Step 2: Personalize and email
Send each reporter a direct email. The subject line should say the news, not “Press Release: [Product].” Use their name. Reference one of their recent articles. Give them a reason to care about your story.
Example subject: “New tool for compliance teams you wrote about last month”
Send the press release as text in the email body, not as an attachment. Attachments get ignored.
Step 3: Timing
Send to tier-1 outlets (TechCrunch, VentureBeat) 2 to 3 days before public launch. They may publish immediately or hold for exclusive reasons. Send to tier-2 outlets a few days later. This stagger prevents everyone from publishing the same day and diluting coverage.
Step 4: Follow up once
If you don’t hear back in 3 days, send one follow-up email. Keep it short. “Wanted to check if this landed and make sure you have what you need for coverage.”

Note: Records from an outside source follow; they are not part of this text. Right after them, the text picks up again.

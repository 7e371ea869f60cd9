// The intervals after tasks have driven them.
ghost use Rattle.std.specs.Prelude.{◌≡◌, ◌≤◌, ◌<◌, ◌+◌, ◌++◌, ◌∷◌, [], length, take, IfOk, Some};
ghost use Rattle.std.specs.FinMap.{get};
ghost use Rattle.std.specs.List.{AllByRecursion};
ghost use Rattle.tw_world.specs.declared.moment.TheConstants.{MOMENT_LIMIT};
ghost use Rattle.timew_interval.specs.Edit.{edited};
ghost use Rattle.timew_interval.specs.Interval.{AreRows};
ghost use Rattle.timew_bridge.specs.Active.{latest};
ghost use Rattle.timew_bridge.specs.Candidates.{ChangedAmong};
ghost use Rattle.timew_bridge.specs.Tail.{IsClosed, IsTailOf};
ghost use Rattle.timew_bridge.specs.Label.{label_of};
ghost use Rattle.timew_bridge.specs.Track.{is_tracked, followed, tracked};
ghost use Rattle.timew_bridge.specs.Known.{AreDrivers, opened_with};
ghost use Rattle.tw_model.specs.Ops.{TasksValue};
ghost use Rattle.uuid.specs.Text.{hyphenated_text, lower};

use crate::active::{Active, latest};
use crate::candidates::latest_among;
use crate::closing::{all_given_way, all_let_go, all_released};
use crate::drivers::Drivers;
use crate::free::{free_from, is_tracked};
use crate::label::label_of;
use std::alloc::Global;
use std::collections::BTreeSet;
use timew_interval::{Edit, Interval, Intervals, Texts};
use tw_model::Tasks;
use tw_world::{Memory, Moment, Text};
use uuid::Uuid;

fn copy_row(alloc: Global, row: &Interval) -> Result<Interval, Memory>
    ensures { IfOk result (λ r. r ≡ row.now) }
{
    Ok(Interval {
        start: row.start,
        end: row.end,
        tags: row.tags.copy(alloc)?,
        annotation: row.annotation.copy(alloc)?,
    })
}

// The rows once more, with room for so many others.
fn copy_rows(alloc: Global, rows: &[Interval], more: usize) -> Result<Vec<Interval>, Memory>
    ensures { IfOk result (λ copies. copies.items ≡ rows.now) }
{
    let mut copies = Vec::with_capacity(alloc, rows.len().saturating_add(more))?;
    for row in rows {
        copies.push(copy_row(alloc, row)?)?;
    }
    Ok(copies)
}

// The open interval of a task with this label.
fn opened(alloc: Global, label: &Texts, from: u64, active: Active) -> Result<Interval, Memory>
    ensures { IfOk result (λ r. r ≡ opened_with label.now from active) }
{
    Ok(Interval {
        start: from,
        end: None,
        tags: label.copy(alloc)?,
        annotation: Text::from_str(
            alloc,
            active
                .uuid
                .hyphenated()
                .encode_lower(&mut Uuid::encode_buffer()),
        )?,
    })
}

// Whether an interval of the task starts when the task was started, or later.
fn is_followed(front: &[Interval], last: &[Interval], active: Active) -> bool
    ensures { result ≡ is_tracked (hyphenated_text lower active.uuid) active.start (front.now ++ last.now) }
{
    let mut buffer = Uuid::encode_buffer();
    let name = active.uuid.hyphenated().encode_lower(&mut buffer);
    is_tracked(last, name, active.start) || is_tracked(front, name, active.start)
}

// The rows after others, once the task that was started last has its interval.
fn follow(
    alloc: Global,
    label: &Texts,
    active: Active,
    front: &[Interval],
    last: Vec<Interval>,
    now: u64,
) -> Result<Vec<Interval>, Memory>
    requires { AllByRecursion IsClosed front.now }
    ensures { IfOk result (λ next. (tasks : TasksValue) → label.now ≡ label_of (get tasks active.uuid)
        → front.now ++ next.items ≡ followed tasks now (Some active) (front.now ++ last.items)) }
{
    if is_followed(front, &last, active) {
        return Ok(last);
    }
    let mut last = all_given_way(alloc, active.start, now, last)?;
    let from = free_from(free_from(active.start, front), &last);
    if from <= now {
        last.push(opened(alloc, label, from, active)?)?;
    }
    Ok(last)
}

// The rows after others, none of which is open, once tasks have driven them.
fn drive(
    alloc: Global,
    drivers: &Drivers,
    front: &[Interval],
    last: Vec<Interval>,
    now: u64,
) -> Result<Vec<Interval>, Memory>
    requires { AllByRecursion IsClosed front.now }
    ensures { IfOk result (λ next. (tasks : TasksValue) → AreDrivers tasks now drivers.now
        → front.now ++ next.items ≡ tracked tasks (front.now ++ last.items) now) }
{
    let last = all_released(alloc, &drivers.known, now, last)?;
    match drivers.active {
        Some(active) => Ok(follow(alloc, &drivers.label, active, front, last, now)?),
        None => Ok(last),
    }
}

// The same by the tasks themselves, of which this one was started last.
fn drive_by(
    alloc: Global,
    tasks: &Tasks,
    active: Option<Active>,
    front: &[Interval],
    last: Vec<Interval>,
    now: u64,
) -> Result<Vec<Interval>, Memory>
    requires closed { AllByRecursion IsClosed front.now }
    requires latest { active ≡ latest tasks.now now }
    ensures { IfOk result (λ next. front.now ++ next.items ≡ tracked tasks.now (front.now ++ last.items) now) }
{
    let last = all_let_go(alloc, tasks, now, last)?;
    match active {
        Some(active) => {
            let label = label_of(alloc, tasks, active.uuid)?;
            Ok(follow(alloc, &label, active, front, last, now)?)
        }
        None => Ok(last),
    }
}

// The rows without the open one.
fn closed_of(rows: &[Interval]) -> &[Interval]
    requires { AreRows rows.now }
    ensures front { result.now ≡ take (length result.now) rows.now }
    ensures closed { AllByRecursion IsClosed result.now }
{
    match rows {
        [front @ .., last] if last.end.is_none() => front,
        _ => rows,
    }
}

/// The edit that leaves intervals as they are, and by which tasks drive them further: the open one, if there is one.
pub fn tail_of(alloc: Global, rows: &Intervals) -> Result<Edit, Memory>
    ensures same { IfOk result (λ e. edited e rows.now ≡ rows.now) }
    ensures tail { IfOk result (IsTailOf rows.now) }
{
    let rows = rows.as_slice();
    let at = closed_of(rows).len();
    let (_, last) = rows.split_at(at);
    Ok(Edit {
        at,
        count: rows.len() - at,
        rows: copy_rows(alloc, last, 2)?,
    })
}

/// An edit of intervals, driven further by tasks at a moment. An open interval of a task that is active no more ends, and one is kept
/// open for the task that was started last, under its description, its project and its tags, with its uuid as the annotation.
/// A second use at the same moment changes nothing.
pub fn track_tail(
    alloc: Global,
    drivers: &Drivers,
    rows: &Intervals,
    edit: Edit,
    now: Moment,
) -> Result<Edit, Memory>
    requires tail { IsTailOf rows.now edit }
    requires known { (tasks : TasksValue) × AreDrivers tasks now.seconds drivers.now }
    ensures tracked { IfOk result (λ e. (tasks : TasksValue) → AreDrivers tasks now.seconds drivers.now
        → edited e rows.now ≡ tracked tasks (edited edit rows.now) now.seconds) }
    ensures tail { IfOk result (IsTailOf rows.now) }
{
    let Edit {
        at,
        count,
        rows: last,
    } = edit;
    let (front, _) = rows.as_slice().split_at(at);
    let rows = drive(alloc, drivers, front, last, now.seconds)?;
    Ok(Edit { at, count, rows })
}

fn track_tail_to(
    alloc: Global,
    tasks: &Tasks,
    active: Option<Active>,
    rows: &Intervals,
    edit: Edit,
    now: Moment,
) -> Result<Edit, Memory>
    requires tail { IsTailOf rows.now edit }
    requires latest { active ≡ latest tasks.now now.seconds }
    ensures tracked { IfOk result (λ e. edited e rows.now ≡ tracked tasks.now (edited edit rows.now) now.seconds) }
    ensures tail { IfOk result (IsTailOf rows.now) }
{
    let Edit {
        at,
        count,
        rows: last,
    } = edit;
    let (front, _) = rows.as_slice().split_at(at);
    let rows = drive_by(alloc, tasks, active, front, last, now.seconds)?;
    Ok(Edit { at, count, rows })
}

/// The same by the tasks themselves, of which it looks at the start of each. It takes no memory for each task.
pub fn track_tail_by(
    alloc: Global,
    tasks: &Tasks,
    rows: &Intervals,
    edit: Edit,
    now: Moment,
) -> Result<Edit, Memory>
    requires { IsTailOf rows.now edit }
    ensures tracked { IfOk result (λ e. edited e rows.now ≡ tracked tasks.now (edited edit rows.now) now.seconds) }
    ensures tail { IfOk result (IsTailOf rows.now) }
{
    track_tail_to(alloc, tasks, latest(tasks, now.seconds), rows, edit, now)
}

/// The same by the tasks after a command that changed none but the named ones. It looks at these and at the ones that were active before,
/// in time that grows with their number and the logarithm of the number of tasks.
pub fn track_tail_among(
    alloc: Global,
    before: &Drivers,
    named: &BTreeSet<Uuid>,
    tasks: &Tasks,
    rows: &Intervals,
    edit: Edit,
    now: Moment,
) -> Result<Edit, Memory>
    requires tail { IsTailOf rows.now edit }
    requires changed { (old : TasksValue) × AreDrivers old now.seconds before.now × ChangedAmong named.now.keys old tasks.now }
    ensures tracked { IfOk result (λ e. edited e rows.now ≡ tracked tasks.now (edited edit rows.now) now.seconds) }
    ensures tail { IfOk result (IsTailOf rows.now) }
{
    let active = latest_among(alloc, before, named, tasks, now.seconds)?;
    track_tail_to(alloc, tasks, active, rows, edit, now)
}

/// The intervals after tasks have driven them at a moment, as `track_tail_by` does an edit.
pub fn track(
    alloc: Global,
    tasks: &Tasks,
    rows: &Intervals,
    now: Moment,
) -> Result<Intervals, Memory>
    ensures { IfOk result (λ next. next ≡ tracked tasks.now rows.now now.seconds) }
{
    let edit = track_tail_by(alloc, tasks, rows, tail_of(alloc, rows)?, now)?;
    let copies = copy_rows(alloc, rows.as_slice(), edit.rows.len())?;
    Intervals::from_rows(copies).edited(edit)
}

Step 5: Prepare for interviews
If a journalist is interested, they’ll call or email to ask questions. Prepare your founder or CEO for 15 to 30 minutes of conversation. Have numbers, customer stories, and the vision clear. Don’t over-script it. Real conversation is better than talking points.
The Story Arc
A strong SaaS press release tells a story in less than 500 words:
- Situation: Here’s a problem the market has.
- Solution: We built this to fix it.
- Evidence: Here’s proof it works (customer numbers, funding, early adoption).
- Future: Here’s why it matters where we’re heading.
That’s it. Every sentence should move the reader through this arc.
Before You Send
Run your draft through these checks:
- Is the news in the first paragraph? If a journalist reads only the first three sentences, do they know what you built?
- Can I remove 20% of the words without losing meaning? Cut every adjective that doesn’t add proof.
- Does every quote sound like a real person? If it sounds like LinkedIn, rewrite it.
- Do I have at least one number that shows impact? “30% faster” beats “way faster.”
- Is my company boilerplate one paragraph? Short.
Run the final version through the stop-slop checklist. Kill adverbs. Cut throat-clearing. Use active voice with human subjects. Be specific. Vary the rhythm.
A press release is a working document. It’s not poetry. It’s not marketing. It’s a tool to get journalists to tell your story. Make it tight, make it clear, and make it news.